To create a new idem-cloud project, run:

pop-create idem-cloud --directory /path/to/new/project --project-name=idem-{my_cloud} --simple-cloud-name={my_cloud}

A new project will have been created with all the boilerplate code needed to get started with idem-cloud: The directory tree should now look something like this:

.
├── build.conf
├── cicd
│   └── upload-code-coverage.sh
├── {project_name}
│   ├── acct
│   │   ├── contracts
│   │   └── {simple_service_name}
│   │       └── basic_auth.py
│   ├── conf.py
│   ├── exec
│   │   ├── contracts
│   │   └── {simple_service_name}
│   │       └── init.py
│   ├── states
│   │   ├── contracts
│   │   └── {simple_service_name}
│   │       └── init.py
│   ├── tool
│   │   └── contracts
│   └── version.py
├── LICENSE
├── noxfile.py
├── README.rst
├── requirements
│   ├── base.txt
│   └── tests.in
├── setup.py
└── tests
    ├── __init__.py
    ├── integration
    │   ├── acct
    │   ├── conftest.py
    │   ├── exec
    │   ├── __init__.py
    │   ├── states
    │   └── tool
    └── unit
        ├── acct
        ├── conftest.py
        ├── exec
        ├── __init__.py
        ├── states
        └── tool

Installation

Install your new project with pip, it needs to be added to the python environment.
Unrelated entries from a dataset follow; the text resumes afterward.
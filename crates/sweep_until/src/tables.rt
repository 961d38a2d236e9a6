//! The table of a sweep or of a shard of it, which is one of whole settings, from its beginning or behind what stands of it.
ghost use Rattle.std.specs.Prelude.{◌≡◌, ◌≢◌, ◌<◌, ◌≤◌, ◌^◌, ◌+◌, ◌-◌, [], Some, is_some, true, OnOk, OnErr, IfErr, IfOk};
ghost use Rattle.toml.specs.View.{view};
ghost use Rattle.run_output.specs.Written.{sink_failures};
ghost use Rattle.shards.specs.Shards.{IsShard, whole};
ghost use Rattle.sweep.specs.Judged.{AreAccepted};
ghost use Rattle.sweep.specs.Runs.{IsAskedFor};
ghost use Rattle.sweep.specs.Table.{HasCause, columns_of};
ghost use Rattle.sweep.specs.Shards.{shard_header};
ghost use Rattle.sweep.specs.Sums.{sweep_key};
ghost use Rattle.sweep_plan.specs.Sweep.{seed_count};
ghost use Rattle.sweep_until.specs.Shards.{BeginsRestUntil, BeginsUntil, CanGoOn, MakesUntil, WritesRestUntil, first_setting, settings_in, rest_settings};
ghost use Rattle.sweep_until.specs.Until.{AreTooFew, BeginsSettings, BeginsWide, FinishesSetting, HasSettings, setting_course};

use crate::parts::ShardProgress;
use crate::until::{make_setting, make_settings};
use base::Fault;
use figures::SettingSummary;
use run_output::flush;
use scenario::Workers;
use sequential_run::{a_run_exists, the_run_is_one};
use shards::Shard;
use std::alloc::Global;
use std::marker::Sync;
use std::thread::Threads;
use sweep::{Begun, Progress, columns_of, sweep_key, write_front_behind};
use sweep_plan::Plan;
use toml::Value;
use trace::Sink;

/// The widest that an interval may be, in hundredths.
const WIDEST: u64 = 100;

/// Makes all runs of a sweep whose settings have as many runs as make their intervals at most so many hundredths wide, and
/// writes their table: that of its only shard, as `write_table_until` does with nothing made before. Returns the summary of
/// each setting, in their order.
pub fn sweep_until<S: Sink, P: Progress>(
    rt: &(impl Threads + Sync),
    alloc: Global,
    plan: &Plan,
    mark: &str,
    width: u64,
    document: &Value,
    workers: Workers,
    progress: &P,
    table: &mut S,
) -> Result<Vec<SettingSummary>, Fault>
    requires asked { IsAskedFor plan.now }
    requires judged { AreAccepted (view document.now) plan.now }
    requires most { width ≤ 100 }
    requires countable { S.failed table.old < 2 ^ 63 }

    // How many workers there are doesn't count: the table and the summaries are the same.
    ensures whole { IfOk result (λ settings. MakesUntil (view document.now) mark.now plan.now width (S.held table.old) (S.held table.new) settings.items) }
    ensures part { OnErr result (BeginsUntil (view document.now) mark.now plan.now width (S.held table.old) (S.held table.new)) }

    // No fault comes without its cause.
    ensures causes { IfErr result (HasCause (view document.now) plan.now) }
    ensures failures { S.failed table.new ≡ S.failed table.old + sink_failures result }
{
    let mut settings = Vec::new(alloc);
    write_settings(
        rt,
        alloc,
        plan,
        Shard::whole(),
        mark,
        width,
        0,
        0,
        document,
        workers,
        progress,
        &mut settings,
        table,
    )?;
    Ok(settings)
}

/// Makes the runs of a shard of a sweep that aren't made yet, of each setting with more and more of the seeds, in rising
/// order, until the 95 % interval of the share of its runs with a false death, by Wilson, is as narrow as the plan asks, or
/// with all seeds; and writes the shard's table behind the bytes that stay of it: what these lack of the first line, which is
/// the shard's name and the header, and a line for each run that is left, with its checksum and what its setting keeps of it
/// before it; at the end it is flushed. So many settings are made, and the first runs of the next one: that one goes on behind
/// these, up to where it ends in a shard that is made at once. How many runs a setting has depends on its own runs alone. The
/// plan must have a width. `mark` is that of the scenario's text. Runs of a setting are made some at a time, as many side by
/// side as there are workers; what was made beyond the last run that is wanted is thrown away. Each time `progress` gets how
/// many of the shard's runs were made, those that are left out among them. Each document must have been judged to be
/// accepted. After a fault the table has got a beginning of that.
///
/// Faults: `Memory`; `CounterOverflow` where a counter of some run, or a count of its tallies, would pass 2^63; `Write` where
/// the sink failed.
pub fn write_table_until<S: Sink, P: Progress>(
    rt: &(impl Threads + Sync),
    alloc: Global,
    plan: &Plan,
    shard: Shard,
    mark: &str,
    begun: &Begun,
    document: &Value,
    workers: Workers,
    progress: &P,
    table: &mut S,
) -> Result<(), Fault>
    requires asked { IsAskedFor plan.now }
    requires judged { AreAccepted (view document.now) plan.now }
    requires shard { IsShard shard }
    requires wanted { is_some plan.now.until ≡ true }
    requires begun { CanGoOn plan.now shard (shard_header (columns_of (view document.now)) mark.now plan.now shard) begun.now.kept begun.now.count begun.now.started.items }
    requires countable { S.failed table.old < 2 ^ 63 }

    // How many workers there are doesn't count.
    ensures whole { OnOk result (WritesRestUntil (view document.now) mark.now plan.now shard begun.now.kept begun.now.count begun.now.started.items
        (S.held table.old) (S.held table.new)) }
    ensures part { OnErr result (BeginsRestUntil (view document.now) mark.now plan.now shard begun.now.kept begun.now.count begun.now.started.items
        (S.held table.old) (S.held table.new)) }

    // No fault comes without its cause.
    ensures causes { IfErr result (HasCause (view document.now) plan.now) }
    ensures failures { S.failed table.new ≡ S.failed table.old + sink_failures result }
{
    let width = width_of(plan);
    if begun.started.is_empty() {
        let mut settings = Vec::new(alloc);
        return write_settings(
            rt,
            alloc,
            plan,
            shard,
            mark,
            width,
            begun.kept,
            begun.count,
            document,
            workers,
            progress,
            &mut settings,
            table,
        );
    }
    write_open(
        rt, alloc, plan, shard, mark, width, begun, document, workers, progress, table,
    )
}

/// Writes that rest where some runs of a setting are made: first the lines of its other runs.
fn write_open<S: Sink, P: Progress>(
    rt: &(impl Threads + Sync),
    alloc: Global,
    plan: &Plan,
    shard: Shard,
    mark: &str,
    width: u64,
    begun: &Begun,
    document: &Value,
    workers: Workers,
    progress: &P,
    table: &mut S,
) -> Result<(), Fault>
    requires asked { IsAskedFor plan.now }
    requires judged { AreAccepted (view document.now) plan.now }
    requires shard { IsShard shard }
    requires wanted { plan.now.until ≡ Some width }
    requires begun { CanGoOn plan.now shard (shard_header (columns_of (view document.now)) mark.now plan.now shard) begun.now.kept begun.now.count begun.now.started.items }
    requires some { begun.now.started.items ≢ [] }
    requires countable { S.failed table.old < 2 ^ 63 }
    ensures whole { OnOk result (WritesRestUntil (view document.now) mark.now plan.now shard begun.now.kept begun.now.count begun.now.started.items
        (S.held table.old) (S.held table.new)) }
    ensures part { OnErr result (BeginsRestUntil (view document.now) mark.now plan.now shard begun.now.kept begun.now.count begun.now.started.items
        (S.held table.old) (S.held table.new)) }
    ensures causes { IfErr result (HasCause (view document.now) plan.now) }
    ensures failures { S.failed table.new ≡ S.failed table.old + sink_failures result }
{
    a_run_exists();
    the_run_is_one();
    let mut settings = Vec::new(alloc);
    finish_setting(
        rt, alloc, plan, shard, mark, width, begun, document, workers, progress, table,
    )?;
    write_settings(
        rt,
        alloc,
        plan,
        shard,
        mark,
        width,
        begun.kept,
        begun.count + 1,
        document,
        workers,
        progress,
        &mut settings,
        table,
    )
}

/// Makes the runs that a setting needs behind those that are made of it, and writes their lines.
fn finish_setting<S: Sink, P: Progress>(
    rt: &(impl Threads + Sync),
    alloc: Global,
    plan: &Plan,
    shard: Shard,
    mark: &str,
    width: u64,
    begun: &Begun,
    document: &Value,
    workers: Workers,
    progress: &P,
    table: &mut S,
) -> Result<(), Fault>
    requires asked { IsAskedFor plan.now }
    requires judged { AreAccepted (view document.now) plan.now }
    requires shard { IsShard shard }
    requires most { width ≤ 100 }
    requires some { begun.now.count < settings_in plan.now shard }
    requires open_yet { AreTooFew width (seed_count plan.now.seeds) begun.now.started.items }
    requires countable { S.failed table.old < 2 ^ 63 }
    ensures whole { OnOk result (FinishesSetting (view document.now) plan.now (sweep_key mark.now plan.now) width (first_setting plan.now shard + begun.now.count) begun.now.started.items
        (S.held table.old) (S.held table.new)) }
    ensures part { OnErr result (BeginsWide (view document.now) plan.now width begun.now.started.items
        (setting_course plan.now (sweep_key mark.now plan.now) (first_setting plan.now shard + begun.now.count) begun.now.started.items (S.held table.old)) (S.held table.new)) }
    ensures causes { IfErr result (HasCause (view document.now) plan.now) }
    ensures failures { S.failed table.new ≡ S.failed table.old + sink_failures result }
{
    let count = plan.settings();
    let first = shard.first(count);
    let number = first + begun.count;
    let started = begun.started.as_slice();
    let key = sweep_key(alloc, plan, mark)?;
    let part = ShardProgress {
        whole: progress,
        before: first.saturating_mul(plan.runs_of_setting()),
        all: (shard.past(count) - first).saturating_mul(plan.runs_of_setting()),
    };
    make_setting(
        rt, alloc, plan, &key, width, document, workers, number, started, &part, table,
    )?;
    Ok(())
}

/// Writes the table of a shard behind so many bytes and settings, where the intervals are to be so many hundredths wide at most, and
/// adds the summary of each setting that is made.
fn write_settings<S: Sink, P: Progress>(
    rt: &(impl Threads + Sync),
    alloc: Global,
    plan: &Plan,
    shard: Shard,
    mark: &str,
    width: u64,
    kept: usize,
    made: usize,
    document: &Value,
    workers: Workers,
    progress: &P,
    settings: &mut Vec<SettingSummary>,
    table: &mut S,
) -> Result<(), Fault>
    requires asked { IsAskedFor plan.now }
    requires judged { AreAccepted (view document.now) plan.now }
    requires shard { IsShard shard }
    requires most { width ≤ 100 }
    requires few { made ≤ settings_in plan.now shard }
    requires fresh { settings.old.items ≡ [] }
    requires countable { S.failed table.old < 2 ^ 63 }
    ensures whole { OnOk result (HasSettings (view document.now) plan.now width
        (rest_settings (view document.now) mark.now plan.now shard kept made) (S.held table.old) (S.held table.new)
        (settings_in plan.now shard - made) settings.new.items) }
    ensures part { OnErr result (BeginsSettings (view document.now) plan.now width
        (rest_settings (view document.now) mark.now plan.now shard kept made) (S.held table.old) (S.held table.new)) }
    ensures causes { IfErr result (HasCause (view document.now) plan.now) }
    ensures failures { S.failed table.new ≡ S.failed table.old + sink_failures result }
{
    let count = plan.settings();
    let first = shard.first(count);
    let from = first + made;
    let till = shard.past(count);
    let part = ShardProgress {
        whole: progress,
        before: first.saturating_mul(plan.runs_of_setting()),
        all: (till - first).saturating_mul(plan.runs_of_setting()),
    };
    a_run_exists();
    the_run_is_one();
    let key = sweep_key(alloc, plan, mark)?;
    write_front_behind(alloc, plan, shard, mark, kept, columns_of(document), table)?;
    make_settings(
        rt, alloc, plan, &key, width, document, workers, from, till, &part, settings, table,
    )?;
    flush(table)?;
    Ok(())
}

/// The width that a plan has.
fn width_of(plan: &Plan) -> u64
    requires { is_some plan.now.until ≡ true }
    ensures { plan.now.until ≡ Some result }
{
    match plan.until() {
        Some(width) => width,
        None => WIDEST,
    }
}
pip install -e {project_root}

After installation the new Idem Cloud Provider execution and state modules will be accessible to the pop hub.

You can verify with pop-tree. Pop-tree shows you what is on the hub. Exec –add -sub idem is saying I want shows the exec sub, and add idem to the hub before I show exec modules; because pop-tree needs to be aware of what’s on the hub before it can show you anything.

pip install pop-tree

# Show the exec modules that properly app-merged onto the hub
pop-tree exec --add-sub idem

output:

exec:
----------
{simple_service_name}:
    ----------
    init:
        |_
        |_
test:
    |_
      - ctx
      - ping
    |_

Authenticating with idem-cloud

No matter what you use for your authentication method, in the end they all need to be interchangeable when we are calling exec modules. For example, let’s say I want all my plugins to authenticate with aiohttp, but I want one plugin to handle username and password authentication, and I want to make another plugin that handles authentication with an api token. Under the hood they’re both creating an aiohttp session, but they’re using credentials in different ways.

Or maybe we want to have an account plugin that authenticates with a cookie, and that’s a completely different way of using an aiohttp session, but on the back end it’s the same, and it will be the same to exec modules, that are calling the api methods. You could use a plain request library or httpx, or something else. Account plugins is where you can handle all those differences, and have different ways of authenticating.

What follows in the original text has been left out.